(Beginning of Data shown)

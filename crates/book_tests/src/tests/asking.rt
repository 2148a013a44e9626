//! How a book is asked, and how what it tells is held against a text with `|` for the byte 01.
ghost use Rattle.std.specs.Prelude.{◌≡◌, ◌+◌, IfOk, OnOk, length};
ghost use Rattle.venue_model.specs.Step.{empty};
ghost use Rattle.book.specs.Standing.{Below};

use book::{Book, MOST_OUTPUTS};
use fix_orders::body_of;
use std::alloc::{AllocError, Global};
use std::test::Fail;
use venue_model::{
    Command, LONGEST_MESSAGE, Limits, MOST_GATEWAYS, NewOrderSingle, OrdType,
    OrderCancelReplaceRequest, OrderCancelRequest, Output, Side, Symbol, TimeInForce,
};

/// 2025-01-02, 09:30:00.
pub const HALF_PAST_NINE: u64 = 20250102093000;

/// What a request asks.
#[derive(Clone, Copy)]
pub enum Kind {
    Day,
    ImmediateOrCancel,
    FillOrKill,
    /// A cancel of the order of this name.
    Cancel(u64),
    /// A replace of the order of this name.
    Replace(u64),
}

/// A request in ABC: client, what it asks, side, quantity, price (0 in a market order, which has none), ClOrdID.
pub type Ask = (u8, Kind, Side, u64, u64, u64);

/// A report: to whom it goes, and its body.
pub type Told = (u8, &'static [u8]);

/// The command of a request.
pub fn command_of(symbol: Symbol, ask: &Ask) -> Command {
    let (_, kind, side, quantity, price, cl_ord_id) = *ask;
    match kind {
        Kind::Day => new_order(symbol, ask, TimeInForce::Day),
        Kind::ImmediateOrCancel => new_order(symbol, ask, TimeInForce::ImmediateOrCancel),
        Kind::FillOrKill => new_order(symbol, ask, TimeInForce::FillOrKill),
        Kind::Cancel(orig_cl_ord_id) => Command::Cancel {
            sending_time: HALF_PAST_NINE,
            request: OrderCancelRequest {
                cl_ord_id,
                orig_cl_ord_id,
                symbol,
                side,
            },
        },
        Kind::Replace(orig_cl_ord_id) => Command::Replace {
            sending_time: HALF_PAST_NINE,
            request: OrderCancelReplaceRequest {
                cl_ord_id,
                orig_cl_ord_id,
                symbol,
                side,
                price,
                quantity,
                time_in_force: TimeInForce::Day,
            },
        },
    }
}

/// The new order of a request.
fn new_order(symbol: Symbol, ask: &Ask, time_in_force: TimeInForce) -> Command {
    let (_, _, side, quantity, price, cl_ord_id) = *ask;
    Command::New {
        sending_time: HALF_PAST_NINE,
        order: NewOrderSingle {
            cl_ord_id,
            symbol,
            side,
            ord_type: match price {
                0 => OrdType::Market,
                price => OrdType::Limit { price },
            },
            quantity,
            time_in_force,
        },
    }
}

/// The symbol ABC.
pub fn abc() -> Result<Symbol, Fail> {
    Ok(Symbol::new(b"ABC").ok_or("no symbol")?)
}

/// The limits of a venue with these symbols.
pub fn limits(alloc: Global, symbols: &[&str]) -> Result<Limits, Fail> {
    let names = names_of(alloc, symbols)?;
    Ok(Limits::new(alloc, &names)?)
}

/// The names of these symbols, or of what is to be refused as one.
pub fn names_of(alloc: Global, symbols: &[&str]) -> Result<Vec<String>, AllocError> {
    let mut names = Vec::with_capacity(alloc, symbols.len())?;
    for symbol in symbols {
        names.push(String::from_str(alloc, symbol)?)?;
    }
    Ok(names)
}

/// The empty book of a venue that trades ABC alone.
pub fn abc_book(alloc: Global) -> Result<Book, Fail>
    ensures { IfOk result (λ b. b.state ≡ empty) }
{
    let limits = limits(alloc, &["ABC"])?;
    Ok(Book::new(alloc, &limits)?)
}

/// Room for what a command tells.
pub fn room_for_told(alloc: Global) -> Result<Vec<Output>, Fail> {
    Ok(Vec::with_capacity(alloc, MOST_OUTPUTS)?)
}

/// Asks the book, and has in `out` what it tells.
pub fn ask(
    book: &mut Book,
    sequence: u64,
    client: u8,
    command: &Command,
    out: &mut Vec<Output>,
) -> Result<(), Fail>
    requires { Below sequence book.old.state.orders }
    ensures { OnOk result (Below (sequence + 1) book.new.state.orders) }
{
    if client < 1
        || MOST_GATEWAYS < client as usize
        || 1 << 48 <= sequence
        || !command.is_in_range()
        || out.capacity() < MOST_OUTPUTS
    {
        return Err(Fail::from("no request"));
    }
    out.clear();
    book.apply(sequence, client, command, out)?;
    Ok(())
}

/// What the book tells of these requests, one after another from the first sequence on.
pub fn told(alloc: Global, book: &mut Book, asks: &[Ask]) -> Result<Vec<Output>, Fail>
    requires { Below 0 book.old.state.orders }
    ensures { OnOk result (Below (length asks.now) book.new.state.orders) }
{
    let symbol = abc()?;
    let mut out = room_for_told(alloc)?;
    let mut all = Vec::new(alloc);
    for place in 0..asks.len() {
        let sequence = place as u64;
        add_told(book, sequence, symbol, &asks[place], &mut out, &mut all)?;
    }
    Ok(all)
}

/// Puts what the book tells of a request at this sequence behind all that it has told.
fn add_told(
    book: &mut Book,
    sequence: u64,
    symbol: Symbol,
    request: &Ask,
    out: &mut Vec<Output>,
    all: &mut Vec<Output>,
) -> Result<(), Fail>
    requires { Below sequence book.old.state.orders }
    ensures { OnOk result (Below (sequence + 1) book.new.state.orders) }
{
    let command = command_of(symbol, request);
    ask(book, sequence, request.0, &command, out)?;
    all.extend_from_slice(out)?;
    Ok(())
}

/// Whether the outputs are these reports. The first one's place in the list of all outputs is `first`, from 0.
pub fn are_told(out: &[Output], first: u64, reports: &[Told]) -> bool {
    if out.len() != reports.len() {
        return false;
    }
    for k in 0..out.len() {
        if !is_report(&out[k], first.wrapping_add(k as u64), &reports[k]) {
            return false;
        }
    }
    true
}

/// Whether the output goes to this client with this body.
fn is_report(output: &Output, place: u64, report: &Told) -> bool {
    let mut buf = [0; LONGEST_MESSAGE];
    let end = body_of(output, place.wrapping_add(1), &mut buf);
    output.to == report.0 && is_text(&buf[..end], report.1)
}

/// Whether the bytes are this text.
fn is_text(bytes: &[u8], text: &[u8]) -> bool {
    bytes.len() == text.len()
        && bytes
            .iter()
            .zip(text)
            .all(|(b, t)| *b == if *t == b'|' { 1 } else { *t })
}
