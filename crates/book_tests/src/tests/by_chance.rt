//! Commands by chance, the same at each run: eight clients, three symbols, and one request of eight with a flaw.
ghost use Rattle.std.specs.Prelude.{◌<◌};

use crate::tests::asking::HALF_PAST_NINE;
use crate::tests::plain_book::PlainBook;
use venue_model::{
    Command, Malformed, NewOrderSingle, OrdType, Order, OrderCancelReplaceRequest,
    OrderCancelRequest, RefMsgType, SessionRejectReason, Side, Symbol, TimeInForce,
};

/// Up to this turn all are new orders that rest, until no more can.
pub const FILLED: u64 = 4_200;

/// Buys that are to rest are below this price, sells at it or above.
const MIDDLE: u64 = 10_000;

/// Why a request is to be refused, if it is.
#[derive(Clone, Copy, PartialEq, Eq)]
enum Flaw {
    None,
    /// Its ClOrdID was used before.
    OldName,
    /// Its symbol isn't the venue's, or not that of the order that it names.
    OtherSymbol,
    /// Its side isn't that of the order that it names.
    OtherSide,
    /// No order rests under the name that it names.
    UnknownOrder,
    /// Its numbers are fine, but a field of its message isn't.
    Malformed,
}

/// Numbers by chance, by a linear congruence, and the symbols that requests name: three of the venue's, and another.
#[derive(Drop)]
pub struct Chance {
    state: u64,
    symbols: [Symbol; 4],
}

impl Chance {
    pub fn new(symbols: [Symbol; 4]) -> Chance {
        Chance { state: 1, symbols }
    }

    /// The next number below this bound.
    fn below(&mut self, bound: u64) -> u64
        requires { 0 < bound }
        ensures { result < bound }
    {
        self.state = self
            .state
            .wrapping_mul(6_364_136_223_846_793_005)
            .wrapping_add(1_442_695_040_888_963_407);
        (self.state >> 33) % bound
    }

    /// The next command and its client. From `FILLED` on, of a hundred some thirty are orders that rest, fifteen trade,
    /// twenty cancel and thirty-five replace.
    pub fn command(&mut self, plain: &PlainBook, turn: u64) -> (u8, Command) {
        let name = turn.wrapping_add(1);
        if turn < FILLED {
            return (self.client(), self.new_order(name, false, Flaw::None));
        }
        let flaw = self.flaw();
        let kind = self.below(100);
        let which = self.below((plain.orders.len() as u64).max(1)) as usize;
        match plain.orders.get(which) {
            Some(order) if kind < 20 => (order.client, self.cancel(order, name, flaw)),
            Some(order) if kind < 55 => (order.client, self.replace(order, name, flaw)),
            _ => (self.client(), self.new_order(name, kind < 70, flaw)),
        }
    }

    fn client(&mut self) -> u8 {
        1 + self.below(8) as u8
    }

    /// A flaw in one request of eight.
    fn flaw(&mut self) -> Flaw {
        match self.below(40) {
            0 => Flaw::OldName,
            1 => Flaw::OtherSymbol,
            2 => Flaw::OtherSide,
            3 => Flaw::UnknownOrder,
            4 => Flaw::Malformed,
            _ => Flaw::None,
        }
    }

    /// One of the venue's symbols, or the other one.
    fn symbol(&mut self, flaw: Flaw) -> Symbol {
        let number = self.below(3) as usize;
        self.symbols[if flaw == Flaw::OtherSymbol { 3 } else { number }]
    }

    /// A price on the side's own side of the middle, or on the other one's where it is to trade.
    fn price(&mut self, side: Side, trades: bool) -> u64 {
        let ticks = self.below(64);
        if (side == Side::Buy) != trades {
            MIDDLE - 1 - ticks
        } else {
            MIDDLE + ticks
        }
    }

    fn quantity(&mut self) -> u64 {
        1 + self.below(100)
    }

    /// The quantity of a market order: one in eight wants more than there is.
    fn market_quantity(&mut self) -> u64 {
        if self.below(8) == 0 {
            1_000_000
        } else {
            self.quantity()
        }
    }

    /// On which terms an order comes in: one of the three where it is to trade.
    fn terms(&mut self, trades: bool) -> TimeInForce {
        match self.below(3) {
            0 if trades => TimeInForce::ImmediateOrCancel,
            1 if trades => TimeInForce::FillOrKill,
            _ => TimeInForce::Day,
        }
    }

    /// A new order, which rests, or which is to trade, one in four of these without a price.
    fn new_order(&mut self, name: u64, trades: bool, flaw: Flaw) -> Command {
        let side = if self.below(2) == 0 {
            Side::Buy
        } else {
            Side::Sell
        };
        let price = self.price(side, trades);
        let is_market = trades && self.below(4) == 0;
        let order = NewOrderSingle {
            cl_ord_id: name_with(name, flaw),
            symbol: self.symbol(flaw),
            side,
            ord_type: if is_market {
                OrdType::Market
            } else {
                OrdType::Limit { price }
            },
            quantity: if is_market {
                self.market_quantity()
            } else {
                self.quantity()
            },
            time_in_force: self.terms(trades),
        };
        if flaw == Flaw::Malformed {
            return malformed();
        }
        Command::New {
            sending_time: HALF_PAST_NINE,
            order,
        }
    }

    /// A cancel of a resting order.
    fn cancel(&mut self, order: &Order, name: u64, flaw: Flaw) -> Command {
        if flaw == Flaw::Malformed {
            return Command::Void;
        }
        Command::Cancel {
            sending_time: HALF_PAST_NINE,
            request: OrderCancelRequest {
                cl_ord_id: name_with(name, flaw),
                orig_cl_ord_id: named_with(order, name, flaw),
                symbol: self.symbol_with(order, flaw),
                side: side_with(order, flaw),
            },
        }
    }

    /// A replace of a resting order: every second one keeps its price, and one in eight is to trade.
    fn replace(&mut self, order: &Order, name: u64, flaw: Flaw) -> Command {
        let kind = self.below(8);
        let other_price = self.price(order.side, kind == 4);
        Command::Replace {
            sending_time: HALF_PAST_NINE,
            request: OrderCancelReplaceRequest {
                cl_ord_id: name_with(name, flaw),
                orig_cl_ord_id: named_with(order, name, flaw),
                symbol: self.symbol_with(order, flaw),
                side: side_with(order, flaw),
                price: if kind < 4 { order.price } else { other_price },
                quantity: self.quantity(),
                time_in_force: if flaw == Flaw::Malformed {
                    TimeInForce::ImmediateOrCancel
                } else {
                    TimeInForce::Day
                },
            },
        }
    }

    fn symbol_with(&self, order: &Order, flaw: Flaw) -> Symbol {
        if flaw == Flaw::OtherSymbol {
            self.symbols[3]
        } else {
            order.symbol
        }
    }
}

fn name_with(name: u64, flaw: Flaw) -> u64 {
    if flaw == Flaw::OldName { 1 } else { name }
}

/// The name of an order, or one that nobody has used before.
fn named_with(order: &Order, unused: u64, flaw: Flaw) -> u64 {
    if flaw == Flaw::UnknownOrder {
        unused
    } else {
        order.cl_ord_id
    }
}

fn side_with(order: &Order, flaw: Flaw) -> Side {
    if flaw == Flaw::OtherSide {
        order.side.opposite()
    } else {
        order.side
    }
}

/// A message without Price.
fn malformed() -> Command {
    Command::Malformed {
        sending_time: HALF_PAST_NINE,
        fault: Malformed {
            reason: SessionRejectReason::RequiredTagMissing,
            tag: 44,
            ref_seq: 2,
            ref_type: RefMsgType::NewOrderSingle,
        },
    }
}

(End of Data shown)

__Work task__
Scan the records for lines with the word "OrdType". Report how many, with no other words.

__Task response__
6